Nothing but the lines from the one containing "template = option_map" through the end of the data below may appear in the response, each one exact.
● ● ● ● ● ● ●
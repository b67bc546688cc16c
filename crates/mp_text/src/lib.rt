//! Rule files: from the bytes of a file to its signature, rules, subjects and edit statements, checked; and the printed
//! text of files.
#![tactic(auto)]

mod file;
mod file_printer;
mod heading;
mod in_order;
mod names;
mod pattern_reader;
mod reader;
mod rule;
mod rule_reader;
mod subject;
mod template;
mod term_reader;

pub use file::{EditSet, EditSets, File, Subject, Subjects};
pub use file_printer::write_file;
pub use mp_build::{
    TextError, TextFault, TextKind, read_cond, read_loose_cond, read_pattern, read_term,
};
pub use mp_print::{write_cond, write_pattern, write_signature, write_subst, write_term};
pub use reader::{fault_is_computed, file_is_computed, read_file};
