//! Makes rules of syntax trees, and checks them on the way.

ghost use Rattle.std.specs.Prelude.{◌≡◌, ◌||◌, ◌++◌, Some, map, option_map, IfOk};
ghost use Rattle.mp_pattern.specs.CondView.{cond_tree};
ghost use Rattle.mp_pattern.specs.TemplateView.{template_tree};
ghost use Rattle.mp_pattern.specs.RuleView.{rule_tree};
ghost use Rattle.mp_pattern.specs.View.{pattern_tree};
ghost use Rattle.mp_parser.specs.View.{spot_of, expr_tree, arrow_tree, if_tree};
ghost use Rattle.mp_build.specs.Answers.{Gives};
ghost use Rattle.mp_build.specs.Build.{template_of};
ghost use Rattle.mp_build.specs.Scope.{pattern_variables};
ghost use Rattle.mp_build.specs.ScopeView.{scope_of, variable_of};
ghost use Rattle.mp_build.specs.WildcardView.{wildcard_view};
ghost use Rattle.mp_build.specs.Conditions.{condition_of};
ghost use Rattle.mp_text.specs.FileBuild.{rule_of};
ghost use Rattle.mp_build.specs.ConditionChecks.{has_large_condition, if_faults};
ghost use Rattle.mp_build.specs.TemplateChecks.{has_large_template, arrow_faults};
ghost use Rattle.mp_text.specs.FileChecks.{rule_faults, is_large_rule};
ghost use Rattle.mp_text.specs.ReadRule.{wildcard_variable};

use crate::template::{has_large_template, rule_template};
use mp_build::{
    PatternWildcard, Scope, TextError, Variable, build_condition, is_large_condition,
    is_large_pattern, new_name, normal_pattern, pattern_variables,
};
use mp_pattern::{Cond, Pattern, Rule, Template};
use mp_syntax::{Condition, Expr, Word};
use mp_term::{Name, Signature};
use std::alloc::{AllocError, Global};

/// The condition of a rule over the variables that it may name, where it has one, or its first fault.
fn rule_condition(
    alloc: Global,
    sig: &Signature,
    scope: &Scope<'_>,
    condition: &Option<Condition<'_>>,
) -> Result<Option<Cond>, TextError>
    ensures { Gives result (if_faults sig.now (scope_of scope.now) (if_tree condition.now))
        (λ c. option_map cond_tree c ≡ condition_of sig.now (if_tree condition.now)) }
{
    match condition {
        None => Ok(None),
        Some(condition) => {
            let cond = build_condition(alloc, sig, scope, condition)?;
            Ok(Some(cond))
        }
    }
}

/// The condition of a rule, where it has one, is larger than it may be.
fn has_large_condition(condition: &Option<Condition<'_>>) -> bool
    ensures { result ≡ has_large_condition (if_tree condition.now) }
{
    match condition {
        None => false,
        Some(condition) => is_large_condition(condition),
    }
}

/// The template of a rule or its condition, where it has them, is larger than it may be.
pub(crate) fn has_large_result(
    template: &Option<&Expr<'_>>,
    condition: &Option<Condition<'_>>,
) -> bool
    ensures { result ≡ (has_large_template (arrow_tree template.now) || has_large_condition (if_tree condition.now)) }
{
    has_large_template(template) || has_large_condition(condition)
}

/// The pattern of a rule, its template or its condition is larger than it may be.
pub fn is_large_rule(
    alloc: Global,
    pattern: &Expr<'_>,
    template: &Option<&Expr<'_>>,
    condition: &Option<Condition<'_>>,
) -> Result<bool, AllocError>
    ensures { IfOk result
        (λ large. large ≡ is_large_rule (expr_tree pattern.now) (arrow_tree template.now) (if_tree condition.now)) }
{
    if is_large_pattern(alloc, pattern)? {
        return Ok(true);
    }
    Ok(has_large_result(template, condition))
}

/// The template of a rule and its condition over the variables that they may name, where it has them, or their first
/// fault.
fn results_over<'a>(
    alloc: Global,
    sig: &Signature,
    variables: Vec<Variable<'a>>,
    template: &Option<&Expr<'a>>,
    condition: &Option<Condition<'_>>,
) -> Result<(Option<Template>, Option<Cond>), TextError>
    ensures { Gives result
        (arrow_faults (map variable_of variables.entry.items) sig.now (arrow_tree template.now)
        ++ if_faults sig.now (Some (map variable_of variables.entry.items)) (if_tree condition.now))
        (λ r. (option_map template_tree r.0 ≡ option_map (template_of sig.now) (arrow_tree template.now))
        × (option_map cond_tree r.1 ≡ condition_of sig.now (if_tree condition.now))) }
{
    let template = rule_template(alloc, sig, &variables, template)?;
    let condition = rule_condition(alloc, sig, &Scope::Among(variables), condition)?;
    Ok((template, condition))
}

/// The variables of wildcards, one for each, in order.
fn wildcard_variables<'a>(
    alloc: Global,
    wildcards: &[PatternWildcard<'a>],
) -> Result<Vec<Variable<'a>>, AllocError>
    ensures { IfOk result (λ vs. map variable_of vs.items ≡ map wildcard_variable (map wildcard_view wildcards.now)) }
{
    let mut variables = Vec::with_capacity(alloc, wildcards.len())?;
    for found in wildcards {
        variables.push(Variable {
            name: found.wildcard.name,
            extent: found.extent,
        })?;
    }
    Ok(variables)
}

/// The template of a rule and its condition, where it has them, or their first fault, where these are the wildcards of
/// its pattern.
///
/// Their variables, which both may name, are gathered where there is one of them.
pub(crate) fn results_behind<'a>(
    alloc: Global,
    sig: &Signature,
    wildcards: &[PatternWildcard<'a>],
    template: &Option<&Expr<'a>>,
    condition: &Option<Condition<'_>>,
) -> Result<(Option<Template>, Option<Cond>), TextError>
    ensures { Gives result
        (arrow_faults (map wildcard_variable (map wildcard_view wildcards.now)) sig.now (arrow_tree template.now)
        ++ if_faults sig.now (Some (map wildcard_variable (map wildcard_view wildcards.now))) (if_tree condition.now))
        (λ r. (option_map template_tree r.0 ≡ option_map (template_of sig.now) (arrow_tree template.now))
        × (option_map cond_tree r.1 ≡ condition_of sig.now (if_tree condition.now))) }
{
    if let (None, None) = (template, condition) {
        return Ok((None, None));
    }
    let variables = wildcard_variables(alloc, wildcards)?;
    results_over(alloc, sig, variables, template, condition)
}

/// The template of a rule and its condition, where it has them, or their first fault.
///
/// The variables of the pattern, which they may name, are gathered where there is one of them.
fn rule_results<'a>(
    alloc: Global,
    sig: &Signature,
    pattern: &Expr<'a>,
    template: &Option<&Expr<'a>>,
    condition: &Option<Condition<'_>>,
) -> Result<(Option<Template>, Option<Cond>), TextError>
    ensures { Gives result
        (arrow_faults (pattern_variables (expr_tree pattern.now)) sig.now (arrow_tree template.now)
        ++ if_faults sig.now (Some (pattern_variables (expr_tree pattern.now))) (if_tree condition.now))
        (λ r. (option_map template_tree r.0 ≡ option_map (template_of sig.now) (arrow_tree template.now))
        × (option_map cond_tree r.1 ≡ condition_of sig.now (if_tree condition.now))) }
{
    if let (None, None) = (template, condition) {
        return Ok((None, None));
    }
    let variables = pattern_variables(alloc, pattern)?;
    results_over(alloc, sig, variables, template, condition)
}

/// The rule of a name, a pattern, and a template and a condition, where it has them.
pub(crate) fn rule_with(
    name: Name,
    pattern: Pattern,
    results: (Option<Template>, Option<Cond>),
) -> Rule
    ensures { rule_tree result ≡ record {
      name = name;
      pattern = pattern_tree pattern;
      template = option_map template_tree results.0;
      condition = option_map cond_tree results.1;
    } }
{
    let (template, condition) = results;
    Rule {
        name,
        pattern,
        template,
        condition,
    }
}

/// A rule, with its pattern in normal form and its template as it is written, or its first fault behind its name.
pub fn build_rule<'a>(
    alloc: Global,
    sig: &Signature,
    name: Word<'_>,
    pattern: &Expr<'a>,
    template: &Option<&Expr<'a>>,
    condition: &Option<Condition<'_>>,
) -> Result<Rule, TextError>
    ensures { Gives result
        (rule_faults sig.now (expr_tree pattern.now) (arrow_tree template.now) (if_tree condition.now))
        (λ r. rule_tree r ≡ rule_of sig.now (spot_of name.entry) (expr_tree pattern.now) (arrow_tree template.now)
        (if_tree condition.now)) }
{
    let name = new_name(alloc, name)?;
    let normal = normal_pattern(alloc, sig, pattern)?;
    let results = rule_results(alloc, sig, pattern, template, condition)?;
    Ok(rule_with(name, normal, results))
}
● ● ● ● ● ● ●
▶ **Answer to this exercise**:
      template = option_map template_tree results.0;
      condition = option_map cond_tree results.1;
    } }
{
    let (template, condition) = results;
    Rule {
        name,
        pattern,
        template,
        condition,
    }
}

/// A rule, with its pattern in normal form and its template as it is written, or its first fault behind its name.
pub fn build_rule<'a>(
    alloc: Global,
    sig: &Signature,
    name: Word<'_>,
    pattern: &Expr<'a>,
    template: &Option<&Expr<'a>>,
    condition: &Option<Condition<'_>>,
) -> Result<Rule, TextError>
    ensures { Gives result
        (rule_faults sig.now (expr_tree pattern.now) (arrow_tree template.now) (if_tree condition.now))
        (λ r. rule_tree r ≡ rule_of sig.now (spot_of name.entry) (expr_tree pattern.now) (arrow_tree template.now)
        (if_tree condition.now)) }
{
    let name = new_name(alloc, name)?;
    let normal = normal_pattern(alloc, sig, pattern)?;
    let results = rule_results(alloc, sig, pattern, template, condition)?;
    Ok(rule_with(name, normal, results))
}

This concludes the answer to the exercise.